No es que este oliera mal, para mi era el olor de todo aquello que es seductor. Todo en ella se configuraba para seducir: su cabello teñido de un rubio cobrizo, sus gestos cuidadosamente -mimeticamente- infantiles, su nariz pequeña y chata, sus pecas en el rostro, su característico color de piel, sus piernas, que ostentaba orgullosa con el uso de pequeños shorts. Se sabía deseada a sus dieciséis años. Anhelada por los papás de sus amigas, por lo viejos rabo-verdes que pasaban a su lado en la calle, por los escuincles pendejos, y por los güeyes de veintitantos que se creen conquistadores -galanes de balneario-. Se sabía también envidiada por las chavas ñoñas, las feas inseguras, las obesas, las mustias, las señoras fodongas que visten solo pants, y por las chicas que eran mas guapas que ella, pero que no explotaban su belleza como ella lo hacía: con desenfado, con la seguridad de conocer el simple hecho de que casi todo el mundo quiere coger; y que, con ese precepto en mente -inscrito en sus genes, corriendo en sus venas-, ella haría a su antojo. Siempre habría un imbécil, ya casado, a sus píes. Ahora que recuerdo solo andaba con tipos que tenían dinero en los bolsillos. ¿No se por que diablos andaba conmigo?

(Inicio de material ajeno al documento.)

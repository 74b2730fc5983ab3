//! What an event will do: a change of the head, an edit of the log, and messages made already.

ghost use Rattle.std.specs.Prelude.{◌≡◌, ℕ, length, option_copied};
ghost use Rattle.std.specs.Option.{option_map};
ghost use Rattle.rp_raft.specs.Plans.{behind_of, head_after, is_no_cut, room_of, sends_of, snapshot_out, taken_in, PlanFits};
ghost use Rattle.rp_raftstep.specs.RaftState.{RaftState};

use rp_base::{NodeId, Seq};
use rp_raftlog::{Entries, Entry};
use rp_raftstep::{Due, Head, Message};

/// Messages, each with its receiver.
pub type Messages<S> = Seq<(NodeId, Message<S>)>;

/// What an event does to the log.
#[derive(Drop)]
pub(crate) enum LogEdit {
    /// Nothing.
    Stays,
    /// These entries come behind the last.
    Appends {
        entries: Entries,
    },
    /// A leader's entries are taken in.
    Accepts {
        prev_index: u64,
        prev_term: u64,
        entries: Entries,
    },
    /// The base becomes this index.
    Cuts {
        to: u64,
    },
    /// The log begins anew behind a snapshot.
    Resets {
        index: u64,
        term: u64,
    },
}

/// An event but for the commit index of a leader and the messages that are made last.
#[derive(Drop)]
pub(crate) struct RaftDraft<S> {
    pub(crate) head: Head,
    pub(crate) edit: LogEdit,
    pub(crate) messages: Messages<S>,
    pub(crate) due: Due,
    pub(crate) taken: Option<(u64, S)>,
}

/// What an event will do to a Raft. To drop it changes nothing.
#[derive(Drop)]
pub struct RaftPlan<S> {
    /// The draft, with the messages that are made last behind the replies.
    pub(crate) draft: RaftDraft<S>,
    /// The commit index that the event leaves.
    pub(crate) commit: u64,
    /// How many of the messages are replies.
    pub(crate) replies: usize,
}

/// How many entries the edit brings.
pub(crate) fn room_of(edit: &LogEdit) -> usize
    ensures { result ≡ room_of edit.now }
{
    match edit {
        LogEdit::Appends { entries } => entries.len(),
        LogEdit::Accepts { entries, .. } => entries.len(),
        _ => 0,
    }
}

/// The entries that the edit puts behind the log's own.
pub(crate) fn behind_of(edit: &LogEdit) -> &[Entry]
    ensures { result.now ≡ behind_of edit.now }
{
    match edit {
        LogEdit::Appends { entries } => entries.as_slice(),
        _ => &[],
    }
}

/// Whether it is of any event but a Cut.
pub(crate) fn is_no_cut(edit: &LogEdit) -> bool
    ensures { result ≡ is_no_cut edit.now }
{
    !matches!(edit, LogEdit::Cuts { .. })
}

impl<S> RaftPlan<S> {
    /// The term that the event leaves.
    pub fn term(&self) -> u64
        ensures { result ≡ (head_after self.now).term }
    {
        self.draft.head.term
    }

    /// The leader that the event leaves, if one is known.
    pub fn leader(&self) -> Option<NodeId>
        ensures { result ≡ (head_after self.now).leader }
    {
        self.draft.head.leader
    }

    /// The snapshot that the event takes in.
    pub fn taken(&self) -> Option<&S>
        ensures { option_copied result ≡ option_map (λ taken. taken.1) (taken_in self.now) }
    {
        self.draft.taken.as_ref().map(|taken| &taken.1)
    }

    /// How many messages the event sends.
    pub fn sends(&self) -> usize
        ensures { result ≡ length (sends_of self.now) }
    {
        self.draft.messages.len()
    }

    /// Hands out the index and the snapshot that the event takes in: `commit` hands out none any
    /// more. All else that the plan does stays.
    pub fn take_snapshot(&mut self) -> Option<(u64, S)>
        ensures taken { result ≡ taken_in self.old }
        ensures rest { self.new ≡ snapshot_out self.old }
        ensures fits { (st : RaftState) (spare : ℕ)
            → PlanFits st spare self.old → PlanFits st spare self.new }
    {
        self.draft.taken.take()
    }
}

Ese aliento, sofocante a veces, refrescante en muchos momentos. Incluso toda su casa olia como su aliento. Toda la casa encerraba su esencia. Era como entrar al santuario/jardín de una olorosa flor a punto de retoñar.

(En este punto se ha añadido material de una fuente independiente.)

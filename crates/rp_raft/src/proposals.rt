//! Payloads that are proposed, behind what an event did before.

ghost use Rattle.std.specs.Prelude.{◌≡◌, ◌+◌, ◌<◌, ◌++◌, false, true, if◌then◌else◌, map, nat_lt, IfOk, OnOk};
ghost use Rattle.rp_raftstep.specs.declared.messages.Message.TheVariants.{Forward};
ghost use Rattle.rp_raftstep.specs.declared.heads.Due.TheVariants.{Everyone};
ghost use Rattle.rp_raftstep.specs.RaftState.{is_leader};
ghost use Rattle.rp_raftstep.specs.Conditions.{CanAppend};
ghost use Rattle.rp_raftstep.specs.Step.{then_proposed};
ghost use Rattle.rp_raft.specs.Plans.{DraftFits, Drafts, draft_of, edit_behind, leads_to};

use crate::plans::{LogEdit, Messages, RaftDraft};
use crate::rafts::Raft;
use rp_base::{NoMemory, NodeId, Seq};
use rp_raftlog::{Entries, Entry, SharedBytes};
use rp_raftstep::{Due, Message, Payloads, Role};
use std::alloc::Global;

/// The payloads as entries of a term.
fn entries_of(alloc: Global, term: u64, payloads: Payloads) -> Result<Entries, NoMemory>
    ensures { IfOk result (λ entries. entries
        ≡ map (λ payload. record { term = term; payload = payload }) payloads) }
{
    let mut entries = Vec::with_capacity(alloc, payloads.len())?;
    for payload in payloads.into_vec() {
        let payload = SharedBytes::new(payload)?;
        entries.push(Entry { term, payload })?;
    }
    Ok(Seq::from_vec(entries))
}

/// Puts a `Forward` for each payload behind other messages.
fn push_forwards<S: Drop>(
    messages: &mut Messages<S>,
    leader: NodeId,
    payloads: Payloads,
) -> Result<(), NoMemory>
    ensures { OnOk result (messages.new
        ≡ messages.old ++ map (λ payload. (leader, Forward payload)) payloads) }
{
    for payload in payloads.into_vec() {
        messages.push((leader, Message::Forward { payload }))?;
    }
    Ok(())
}

/// Whom a leader sends to, where it proposes so many payloads behind.
fn due_behind(due: Due, payloads: usize) -> Due
    ensures { result ≡ (if nat_lt 0 payloads then Everyone else due) }
{
    if payloads > 0 {
        return Due::Everyone;
    }
    due
}

/// Puts more entries behind, where the edit leaves the log or puts entries behind it.
fn edit_behind(edit: &mut LogEdit, more: Entries) -> Result<(), NoMemory>
    ensures { OnOk result (edit.new ≡ edit_behind edit.old more) }
{
    match edit {
        LogEdit::Stays => {
            *edit = LogEdit::Appends { entries: more };
            Ok(())
        }
        LogEdit::Appends { entries } => entries.append(more),
        _ => Ok(()),
    }
}

impl<S: Drop> Raft<S> {
    /// A leader appends the payloads, and all are sent to.
    fn append_behind(&self, draft: &mut RaftDraft<S>, payloads: Payloads) -> Result<(), NoMemory>
        requires fits { DraftFits self.now.raft.log draft.old }
        requires room { CanAppend (leads_to draft.old.head self.now.raft.log draft.old.edit)
            payloads }
        requires leads { is_leader draft.old.head.role ≡ true }
        ensures { OnOk result (Drafts self.now.raft.log draft.new
            (then_proposed (draft_of self.now.raft.log draft.old) payloads)) }
    {
        let due = due_behind(draft.due, payloads.len());
        let entries = entries_of(self.alloc, draft.head.term, payloads)?;
        edit_behind(&mut draft.edit, entries)?;
        draft.due = due;
        Ok(())
    }

    /// One that knows the leader forwards the payloads to it. Else they are lost.
    #[cold]
    #[inline(never)]
    fn forward_behind(&self, draft: &mut RaftDraft<S>, payloads: Payloads) -> Result<(), NoMemory>
        requires fits { DraftFits self.now.raft.log draft.old }
        requires follows { is_leader draft.old.head.role ≡ false }
        ensures { OnOk result (Drafts self.now.raft.log draft.new
            (then_proposed (draft_of self.now.raft.log draft.old) payloads)) }
    {
        match draft.head.leader {
            Some(leader) => push_forwards(&mut draft.messages, leader, payloads),
            None => Ok(()),
        }
    }

    /// A Propose of these payloads, in one event with what came before it.
    pub(crate) fn propose_behind(
        &self,
        draft: &mut RaftDraft<S>,
        payloads: Payloads,
    ) -> Result<(), NoMemory>
        requires fits { DraftFits self.now.raft.log draft.old }
        requires room { is_leader draft.old.head.role ≡ true
            → CanAppend (leads_to draft.old.head self.now.raft.log draft.old.edit) payloads }
        ensures { OnOk result (Drafts self.now.raft.log draft.new
            (then_proposed (draft_of self.now.raft.log draft.old) payloads)) }
    {
        if draft.head.role == Role::Leader {
            return self.append_behind(draft, payloads);
        }
        self.forward_behind(draft, payloads)
    }
}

Vivía casi sola, sus padres trabajaban todo el día. Su padre: un alto funcionario público, del que los vecinos hablaban pestes y rumores sobre sus incontables transas y desvíos de fondos. Yo no lo se, no me constaba nada de lo que decian; yo solo se que su casa estaba repleta de regalos; y que yo podía beber todo el whiskey que pudiera aguantar mi cuerpo de quince años, y ellos nunca notaban el faltante, o no parecía interesarles. Y digo que eran regalos, por que aún estaban envueltos y detentaban tarjetas de agradecimiento, de saludos, atenciones varías; casi siempre eran artesanías, estatuillas de bronce,y canastas con vinos,licores y productos en conserva, que atestaban buena parte de la sala principal, y de la estancia - . El refrigerador siempre repleto; por mas sandwiches que te hicieras, al otro día aparecía más jamón y quesos. Todo en la casa estaba inmaculado, las camas siempre tendidas y solitarias, enseres de cocina aún en sus cajas. La televisión era lo único de lo que emanaba una especie de vida, de ruido. Tanto orden, tanto vacío de gente, era algo perturbador. Pero era nuestro paraíso personal; el lugar donde cuando nos cansábamos de sexo, nos poníamos a jugar video-juegos -ella era muy buena en los games, por eso la amaba-; y cuando nos hartábamos de los video-juegos volvíamos al sexo.

Así las cosas, yo trataba de no darle mucha importancia al hecho de que saliera con otros tipos.

Cuando le pedí, ingenuamente, que fuera mi novia, ella sonrió con malicia y dijo:

-"¡Perfecto! Ahora tendré tres novios formales. Tres es un número de suerte para mi."

Cuando por fin un día nos despedimos, me dijo:

-"Oye,tu eres el novio formal con el que mas he durado; los otros dos que tenía cuando te me declaraste no duraron casi nada conmigo. ¡Te quiero mucho!- Y procedió a abrazarme fuertemente y con su entusiasmo característico para demostrarlo.